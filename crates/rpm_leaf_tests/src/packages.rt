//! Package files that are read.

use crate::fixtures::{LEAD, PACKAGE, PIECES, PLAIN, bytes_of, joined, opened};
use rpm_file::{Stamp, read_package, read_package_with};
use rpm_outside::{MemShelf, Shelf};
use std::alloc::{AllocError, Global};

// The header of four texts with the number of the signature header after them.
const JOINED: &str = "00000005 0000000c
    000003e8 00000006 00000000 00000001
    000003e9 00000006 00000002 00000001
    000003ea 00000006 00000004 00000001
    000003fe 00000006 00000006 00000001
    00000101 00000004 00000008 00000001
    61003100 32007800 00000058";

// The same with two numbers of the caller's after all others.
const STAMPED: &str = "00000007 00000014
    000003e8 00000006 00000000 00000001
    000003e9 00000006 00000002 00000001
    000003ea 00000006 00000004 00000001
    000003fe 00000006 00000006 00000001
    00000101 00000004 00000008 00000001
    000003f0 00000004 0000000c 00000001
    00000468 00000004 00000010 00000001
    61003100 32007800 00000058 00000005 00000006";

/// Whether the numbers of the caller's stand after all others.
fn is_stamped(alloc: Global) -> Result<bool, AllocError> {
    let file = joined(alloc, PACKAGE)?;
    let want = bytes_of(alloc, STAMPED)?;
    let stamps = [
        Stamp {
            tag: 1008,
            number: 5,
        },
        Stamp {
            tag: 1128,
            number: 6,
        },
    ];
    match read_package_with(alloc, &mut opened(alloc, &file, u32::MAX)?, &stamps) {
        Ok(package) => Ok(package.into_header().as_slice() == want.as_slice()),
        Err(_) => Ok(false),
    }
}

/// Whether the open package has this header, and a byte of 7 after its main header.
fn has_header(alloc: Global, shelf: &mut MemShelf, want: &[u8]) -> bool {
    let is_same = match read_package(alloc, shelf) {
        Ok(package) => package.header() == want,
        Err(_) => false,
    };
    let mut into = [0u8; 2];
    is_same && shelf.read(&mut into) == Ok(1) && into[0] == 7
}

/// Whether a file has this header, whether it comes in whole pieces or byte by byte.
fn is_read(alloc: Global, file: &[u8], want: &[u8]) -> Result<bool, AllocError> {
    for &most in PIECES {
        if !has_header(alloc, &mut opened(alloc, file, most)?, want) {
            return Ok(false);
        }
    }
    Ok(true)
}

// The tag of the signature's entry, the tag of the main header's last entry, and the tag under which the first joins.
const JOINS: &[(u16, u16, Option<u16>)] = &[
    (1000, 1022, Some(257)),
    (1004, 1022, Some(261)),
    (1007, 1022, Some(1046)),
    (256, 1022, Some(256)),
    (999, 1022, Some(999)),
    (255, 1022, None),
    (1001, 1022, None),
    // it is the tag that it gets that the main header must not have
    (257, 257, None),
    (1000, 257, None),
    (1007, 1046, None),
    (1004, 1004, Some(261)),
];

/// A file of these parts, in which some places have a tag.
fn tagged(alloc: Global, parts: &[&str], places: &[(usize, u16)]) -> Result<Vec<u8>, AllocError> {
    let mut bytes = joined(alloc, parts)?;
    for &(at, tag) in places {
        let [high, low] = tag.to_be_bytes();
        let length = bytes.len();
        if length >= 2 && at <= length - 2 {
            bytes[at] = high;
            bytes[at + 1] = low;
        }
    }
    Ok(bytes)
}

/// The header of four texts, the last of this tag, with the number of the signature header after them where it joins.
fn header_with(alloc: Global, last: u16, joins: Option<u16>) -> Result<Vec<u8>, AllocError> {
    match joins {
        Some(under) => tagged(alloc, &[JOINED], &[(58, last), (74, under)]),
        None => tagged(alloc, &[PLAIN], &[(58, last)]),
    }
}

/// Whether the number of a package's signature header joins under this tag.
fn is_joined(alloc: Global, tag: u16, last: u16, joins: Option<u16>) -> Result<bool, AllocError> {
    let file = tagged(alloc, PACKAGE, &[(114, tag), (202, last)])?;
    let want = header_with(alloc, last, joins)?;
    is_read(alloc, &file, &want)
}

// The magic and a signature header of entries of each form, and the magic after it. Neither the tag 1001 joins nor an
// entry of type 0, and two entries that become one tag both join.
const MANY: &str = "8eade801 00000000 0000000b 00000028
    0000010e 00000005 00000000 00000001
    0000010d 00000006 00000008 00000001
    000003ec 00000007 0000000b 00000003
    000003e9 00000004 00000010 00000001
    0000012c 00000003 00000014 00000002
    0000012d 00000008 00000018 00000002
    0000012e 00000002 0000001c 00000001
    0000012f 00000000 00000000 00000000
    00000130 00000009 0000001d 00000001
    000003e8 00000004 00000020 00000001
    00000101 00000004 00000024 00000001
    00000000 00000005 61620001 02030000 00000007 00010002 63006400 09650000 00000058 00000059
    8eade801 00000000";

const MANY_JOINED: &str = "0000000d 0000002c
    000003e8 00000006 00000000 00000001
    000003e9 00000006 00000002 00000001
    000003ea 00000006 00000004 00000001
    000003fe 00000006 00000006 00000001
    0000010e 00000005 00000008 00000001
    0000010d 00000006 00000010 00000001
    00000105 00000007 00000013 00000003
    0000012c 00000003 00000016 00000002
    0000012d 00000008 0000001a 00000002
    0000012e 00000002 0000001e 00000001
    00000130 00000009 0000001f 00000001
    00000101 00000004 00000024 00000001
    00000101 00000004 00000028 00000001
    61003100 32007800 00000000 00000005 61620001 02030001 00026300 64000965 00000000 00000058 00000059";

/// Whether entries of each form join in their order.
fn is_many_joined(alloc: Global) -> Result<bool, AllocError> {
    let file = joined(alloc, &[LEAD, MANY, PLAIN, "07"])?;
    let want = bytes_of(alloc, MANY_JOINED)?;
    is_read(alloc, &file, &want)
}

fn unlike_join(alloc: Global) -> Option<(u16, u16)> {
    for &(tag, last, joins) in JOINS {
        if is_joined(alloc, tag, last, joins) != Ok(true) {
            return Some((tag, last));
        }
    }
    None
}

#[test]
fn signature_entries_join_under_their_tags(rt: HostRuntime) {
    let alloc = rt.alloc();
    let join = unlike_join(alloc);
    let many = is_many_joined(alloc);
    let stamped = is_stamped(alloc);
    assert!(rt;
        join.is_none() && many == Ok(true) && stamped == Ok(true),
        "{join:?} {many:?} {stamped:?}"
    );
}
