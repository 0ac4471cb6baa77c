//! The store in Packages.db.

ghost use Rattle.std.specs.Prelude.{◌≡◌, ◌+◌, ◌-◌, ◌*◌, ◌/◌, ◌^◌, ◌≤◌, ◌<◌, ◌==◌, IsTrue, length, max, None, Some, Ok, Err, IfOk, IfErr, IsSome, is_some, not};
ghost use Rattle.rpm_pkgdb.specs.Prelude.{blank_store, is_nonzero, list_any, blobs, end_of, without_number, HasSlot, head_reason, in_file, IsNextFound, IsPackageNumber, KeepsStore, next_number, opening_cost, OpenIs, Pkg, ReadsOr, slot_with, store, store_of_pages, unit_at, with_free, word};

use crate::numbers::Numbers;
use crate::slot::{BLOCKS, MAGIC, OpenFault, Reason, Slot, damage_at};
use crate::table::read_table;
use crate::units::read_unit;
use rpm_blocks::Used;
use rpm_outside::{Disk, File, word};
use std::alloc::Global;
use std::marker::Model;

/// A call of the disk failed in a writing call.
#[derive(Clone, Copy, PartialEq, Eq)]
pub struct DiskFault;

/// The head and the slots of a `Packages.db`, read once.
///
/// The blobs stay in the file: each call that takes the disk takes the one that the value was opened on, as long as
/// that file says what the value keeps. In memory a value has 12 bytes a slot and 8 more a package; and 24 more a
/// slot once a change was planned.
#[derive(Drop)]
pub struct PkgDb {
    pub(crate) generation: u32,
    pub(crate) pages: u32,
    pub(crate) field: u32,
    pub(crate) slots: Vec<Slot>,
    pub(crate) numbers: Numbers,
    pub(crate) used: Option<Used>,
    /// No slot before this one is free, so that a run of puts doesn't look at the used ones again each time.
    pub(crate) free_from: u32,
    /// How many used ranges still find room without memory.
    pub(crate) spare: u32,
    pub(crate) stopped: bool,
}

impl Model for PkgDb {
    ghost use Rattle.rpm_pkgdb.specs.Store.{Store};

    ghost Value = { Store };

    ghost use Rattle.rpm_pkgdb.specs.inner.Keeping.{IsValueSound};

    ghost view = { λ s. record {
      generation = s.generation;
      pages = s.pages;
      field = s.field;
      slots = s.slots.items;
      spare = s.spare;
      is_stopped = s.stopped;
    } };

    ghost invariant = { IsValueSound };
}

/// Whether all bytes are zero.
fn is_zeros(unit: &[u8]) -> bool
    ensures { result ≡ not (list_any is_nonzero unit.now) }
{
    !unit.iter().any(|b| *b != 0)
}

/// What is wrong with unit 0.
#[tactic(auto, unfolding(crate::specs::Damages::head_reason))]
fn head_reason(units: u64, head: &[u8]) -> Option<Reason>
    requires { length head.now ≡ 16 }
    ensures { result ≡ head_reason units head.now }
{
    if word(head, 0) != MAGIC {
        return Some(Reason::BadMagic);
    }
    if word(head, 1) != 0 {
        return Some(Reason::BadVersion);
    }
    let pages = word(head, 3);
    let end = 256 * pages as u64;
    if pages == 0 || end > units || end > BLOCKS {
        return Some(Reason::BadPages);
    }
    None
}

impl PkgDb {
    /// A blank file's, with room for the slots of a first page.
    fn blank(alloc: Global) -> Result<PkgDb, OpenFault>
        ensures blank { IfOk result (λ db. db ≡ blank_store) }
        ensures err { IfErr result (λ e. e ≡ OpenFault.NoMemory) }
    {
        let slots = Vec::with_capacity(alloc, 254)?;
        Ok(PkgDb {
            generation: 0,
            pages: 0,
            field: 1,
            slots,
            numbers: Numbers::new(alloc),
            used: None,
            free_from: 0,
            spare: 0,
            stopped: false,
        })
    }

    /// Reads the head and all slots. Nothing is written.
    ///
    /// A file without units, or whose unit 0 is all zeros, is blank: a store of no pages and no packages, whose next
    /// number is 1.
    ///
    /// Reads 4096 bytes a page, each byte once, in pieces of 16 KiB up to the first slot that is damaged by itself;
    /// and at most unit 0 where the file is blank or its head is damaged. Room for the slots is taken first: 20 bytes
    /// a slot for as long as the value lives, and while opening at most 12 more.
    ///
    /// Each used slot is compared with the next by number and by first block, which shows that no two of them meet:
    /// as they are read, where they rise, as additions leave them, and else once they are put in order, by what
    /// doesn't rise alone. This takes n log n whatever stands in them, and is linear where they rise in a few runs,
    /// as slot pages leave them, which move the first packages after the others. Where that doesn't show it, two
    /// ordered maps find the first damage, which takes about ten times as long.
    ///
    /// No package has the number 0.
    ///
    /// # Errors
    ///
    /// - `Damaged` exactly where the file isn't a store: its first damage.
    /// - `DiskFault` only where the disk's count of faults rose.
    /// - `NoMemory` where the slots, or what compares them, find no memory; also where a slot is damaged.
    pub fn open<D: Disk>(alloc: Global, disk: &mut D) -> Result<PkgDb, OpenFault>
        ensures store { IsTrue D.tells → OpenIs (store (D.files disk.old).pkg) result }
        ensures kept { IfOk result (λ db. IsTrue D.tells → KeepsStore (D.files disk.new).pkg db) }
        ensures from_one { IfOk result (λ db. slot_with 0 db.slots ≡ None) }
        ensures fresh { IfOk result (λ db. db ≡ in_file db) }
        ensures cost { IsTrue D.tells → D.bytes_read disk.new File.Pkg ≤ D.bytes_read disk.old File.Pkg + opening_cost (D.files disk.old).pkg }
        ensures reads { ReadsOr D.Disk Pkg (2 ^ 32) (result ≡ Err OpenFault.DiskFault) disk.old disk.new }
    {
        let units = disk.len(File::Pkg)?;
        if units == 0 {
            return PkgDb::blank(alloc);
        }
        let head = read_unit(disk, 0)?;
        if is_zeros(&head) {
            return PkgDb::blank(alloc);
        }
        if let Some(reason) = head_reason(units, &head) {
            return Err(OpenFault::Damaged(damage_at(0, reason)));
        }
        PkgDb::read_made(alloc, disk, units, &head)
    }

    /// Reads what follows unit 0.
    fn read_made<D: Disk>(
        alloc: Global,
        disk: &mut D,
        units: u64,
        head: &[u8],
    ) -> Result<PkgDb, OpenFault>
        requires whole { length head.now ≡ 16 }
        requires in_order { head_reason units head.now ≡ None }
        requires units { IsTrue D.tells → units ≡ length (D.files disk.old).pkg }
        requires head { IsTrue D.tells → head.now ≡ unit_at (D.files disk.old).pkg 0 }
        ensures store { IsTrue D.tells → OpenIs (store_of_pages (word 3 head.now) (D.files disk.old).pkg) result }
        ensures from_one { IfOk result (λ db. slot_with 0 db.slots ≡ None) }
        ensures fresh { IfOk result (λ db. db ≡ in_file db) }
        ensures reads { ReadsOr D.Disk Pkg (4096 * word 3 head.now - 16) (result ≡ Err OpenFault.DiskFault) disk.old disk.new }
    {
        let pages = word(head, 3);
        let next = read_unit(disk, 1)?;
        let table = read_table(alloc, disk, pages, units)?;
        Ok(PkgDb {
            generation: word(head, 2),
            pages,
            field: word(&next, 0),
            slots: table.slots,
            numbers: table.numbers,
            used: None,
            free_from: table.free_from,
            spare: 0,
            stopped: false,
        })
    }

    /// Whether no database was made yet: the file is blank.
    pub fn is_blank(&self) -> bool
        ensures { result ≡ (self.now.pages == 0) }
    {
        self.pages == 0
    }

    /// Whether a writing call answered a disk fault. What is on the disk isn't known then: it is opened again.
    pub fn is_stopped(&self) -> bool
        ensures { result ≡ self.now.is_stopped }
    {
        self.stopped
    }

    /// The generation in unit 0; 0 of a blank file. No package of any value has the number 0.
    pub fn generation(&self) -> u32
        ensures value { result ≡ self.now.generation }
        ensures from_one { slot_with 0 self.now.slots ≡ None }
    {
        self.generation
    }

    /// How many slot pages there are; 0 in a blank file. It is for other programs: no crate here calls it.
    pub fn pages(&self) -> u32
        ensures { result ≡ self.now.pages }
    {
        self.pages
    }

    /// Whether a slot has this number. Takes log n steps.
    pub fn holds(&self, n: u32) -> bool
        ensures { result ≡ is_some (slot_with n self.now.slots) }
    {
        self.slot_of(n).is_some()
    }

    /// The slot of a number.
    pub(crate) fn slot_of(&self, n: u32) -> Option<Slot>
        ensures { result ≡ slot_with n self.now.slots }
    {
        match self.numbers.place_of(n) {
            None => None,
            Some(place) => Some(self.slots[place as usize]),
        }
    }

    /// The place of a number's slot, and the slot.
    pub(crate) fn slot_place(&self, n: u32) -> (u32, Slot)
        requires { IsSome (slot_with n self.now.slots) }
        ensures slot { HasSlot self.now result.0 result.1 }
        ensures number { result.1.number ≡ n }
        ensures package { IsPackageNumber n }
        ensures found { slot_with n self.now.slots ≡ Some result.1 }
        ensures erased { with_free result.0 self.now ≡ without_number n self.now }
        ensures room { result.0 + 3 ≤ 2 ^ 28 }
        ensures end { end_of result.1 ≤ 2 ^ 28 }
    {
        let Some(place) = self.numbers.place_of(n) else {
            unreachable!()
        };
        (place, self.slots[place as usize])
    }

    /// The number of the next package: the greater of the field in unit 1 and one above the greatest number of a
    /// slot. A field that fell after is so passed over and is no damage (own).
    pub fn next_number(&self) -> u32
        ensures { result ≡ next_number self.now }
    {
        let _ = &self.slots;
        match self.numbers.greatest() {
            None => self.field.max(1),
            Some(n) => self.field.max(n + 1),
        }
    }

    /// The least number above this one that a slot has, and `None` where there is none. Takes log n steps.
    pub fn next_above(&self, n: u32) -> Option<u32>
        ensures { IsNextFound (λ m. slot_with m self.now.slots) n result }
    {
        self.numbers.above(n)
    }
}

==

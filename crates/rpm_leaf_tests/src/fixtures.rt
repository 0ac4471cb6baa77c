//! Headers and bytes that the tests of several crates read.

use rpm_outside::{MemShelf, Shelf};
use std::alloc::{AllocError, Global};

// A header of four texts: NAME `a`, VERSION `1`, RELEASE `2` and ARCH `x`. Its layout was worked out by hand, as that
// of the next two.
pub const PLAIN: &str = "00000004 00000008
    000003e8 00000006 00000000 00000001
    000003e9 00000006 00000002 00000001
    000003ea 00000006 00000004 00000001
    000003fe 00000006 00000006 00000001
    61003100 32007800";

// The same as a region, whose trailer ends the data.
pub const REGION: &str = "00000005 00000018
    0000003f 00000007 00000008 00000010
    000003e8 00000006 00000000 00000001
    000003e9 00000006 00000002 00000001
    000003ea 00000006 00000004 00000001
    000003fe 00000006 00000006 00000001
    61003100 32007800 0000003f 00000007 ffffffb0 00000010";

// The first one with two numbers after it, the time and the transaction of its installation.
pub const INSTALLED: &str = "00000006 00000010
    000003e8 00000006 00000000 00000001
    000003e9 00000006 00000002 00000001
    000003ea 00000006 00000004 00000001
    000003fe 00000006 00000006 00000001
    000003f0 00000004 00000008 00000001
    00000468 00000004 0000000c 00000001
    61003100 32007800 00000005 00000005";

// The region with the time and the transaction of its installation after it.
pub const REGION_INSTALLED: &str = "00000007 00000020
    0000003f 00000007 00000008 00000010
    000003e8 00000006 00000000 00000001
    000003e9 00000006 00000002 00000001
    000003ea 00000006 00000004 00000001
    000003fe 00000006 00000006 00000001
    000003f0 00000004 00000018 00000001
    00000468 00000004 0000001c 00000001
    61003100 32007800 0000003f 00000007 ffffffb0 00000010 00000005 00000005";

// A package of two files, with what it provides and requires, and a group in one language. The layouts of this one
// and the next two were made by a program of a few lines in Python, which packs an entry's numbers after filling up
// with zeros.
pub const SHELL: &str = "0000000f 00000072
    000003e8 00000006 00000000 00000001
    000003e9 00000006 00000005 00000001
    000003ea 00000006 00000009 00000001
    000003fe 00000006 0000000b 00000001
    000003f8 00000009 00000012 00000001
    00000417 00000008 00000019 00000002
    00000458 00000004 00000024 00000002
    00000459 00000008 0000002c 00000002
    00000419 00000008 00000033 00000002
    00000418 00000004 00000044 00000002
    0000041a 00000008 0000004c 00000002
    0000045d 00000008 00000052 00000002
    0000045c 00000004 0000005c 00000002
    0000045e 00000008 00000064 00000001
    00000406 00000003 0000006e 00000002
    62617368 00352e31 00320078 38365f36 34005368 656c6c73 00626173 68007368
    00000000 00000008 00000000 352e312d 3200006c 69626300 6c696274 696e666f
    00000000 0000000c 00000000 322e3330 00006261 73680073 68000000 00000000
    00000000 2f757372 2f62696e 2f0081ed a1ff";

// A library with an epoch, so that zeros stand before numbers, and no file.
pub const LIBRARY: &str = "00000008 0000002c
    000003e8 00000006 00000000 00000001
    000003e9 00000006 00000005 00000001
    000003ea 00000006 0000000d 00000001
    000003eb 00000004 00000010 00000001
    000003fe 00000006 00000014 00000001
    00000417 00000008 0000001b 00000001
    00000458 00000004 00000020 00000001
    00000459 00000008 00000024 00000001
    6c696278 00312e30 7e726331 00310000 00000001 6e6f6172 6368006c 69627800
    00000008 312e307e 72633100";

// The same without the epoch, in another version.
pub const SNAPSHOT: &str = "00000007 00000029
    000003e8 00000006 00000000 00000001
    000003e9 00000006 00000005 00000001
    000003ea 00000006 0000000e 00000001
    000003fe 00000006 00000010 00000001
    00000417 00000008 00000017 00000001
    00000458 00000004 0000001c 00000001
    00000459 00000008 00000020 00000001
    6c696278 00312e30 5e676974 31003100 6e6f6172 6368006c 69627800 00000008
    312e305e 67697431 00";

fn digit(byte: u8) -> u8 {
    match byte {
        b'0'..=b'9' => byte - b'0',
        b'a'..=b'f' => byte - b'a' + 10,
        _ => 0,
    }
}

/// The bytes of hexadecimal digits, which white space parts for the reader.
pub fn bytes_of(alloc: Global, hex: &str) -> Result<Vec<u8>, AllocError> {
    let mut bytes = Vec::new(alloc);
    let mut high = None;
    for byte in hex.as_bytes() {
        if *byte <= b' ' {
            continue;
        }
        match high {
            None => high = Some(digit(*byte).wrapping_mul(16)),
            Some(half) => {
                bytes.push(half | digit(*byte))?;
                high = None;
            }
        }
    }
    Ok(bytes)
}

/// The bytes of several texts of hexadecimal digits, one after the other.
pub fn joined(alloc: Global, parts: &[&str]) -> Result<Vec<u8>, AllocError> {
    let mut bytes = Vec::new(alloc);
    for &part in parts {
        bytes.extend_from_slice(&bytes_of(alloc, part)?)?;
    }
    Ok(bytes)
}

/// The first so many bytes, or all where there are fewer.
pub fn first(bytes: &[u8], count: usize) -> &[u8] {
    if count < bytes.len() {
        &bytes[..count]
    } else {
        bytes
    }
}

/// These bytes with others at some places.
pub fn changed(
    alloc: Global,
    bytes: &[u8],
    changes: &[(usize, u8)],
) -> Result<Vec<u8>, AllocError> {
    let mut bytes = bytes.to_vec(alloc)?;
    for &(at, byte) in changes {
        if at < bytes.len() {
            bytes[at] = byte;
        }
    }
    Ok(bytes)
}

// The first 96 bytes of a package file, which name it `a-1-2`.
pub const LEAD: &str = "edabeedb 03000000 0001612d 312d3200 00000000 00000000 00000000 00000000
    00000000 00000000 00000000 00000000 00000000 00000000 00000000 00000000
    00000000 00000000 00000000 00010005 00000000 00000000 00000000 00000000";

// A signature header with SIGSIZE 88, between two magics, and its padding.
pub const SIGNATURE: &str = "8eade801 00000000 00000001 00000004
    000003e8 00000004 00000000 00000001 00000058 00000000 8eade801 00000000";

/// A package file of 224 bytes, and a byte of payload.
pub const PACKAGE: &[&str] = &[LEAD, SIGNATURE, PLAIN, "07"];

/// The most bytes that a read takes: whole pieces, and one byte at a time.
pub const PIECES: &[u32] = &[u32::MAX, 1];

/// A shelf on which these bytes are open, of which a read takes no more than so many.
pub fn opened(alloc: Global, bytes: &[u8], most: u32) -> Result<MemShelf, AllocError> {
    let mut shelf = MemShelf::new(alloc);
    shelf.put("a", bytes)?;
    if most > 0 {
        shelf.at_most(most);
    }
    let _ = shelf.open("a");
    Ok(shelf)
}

* [Task directions] Show every line of the data in which the word "half" appears.

* [Solved exercise]
            Some(half) => {
                bytes.push(half | digit(*byte))?;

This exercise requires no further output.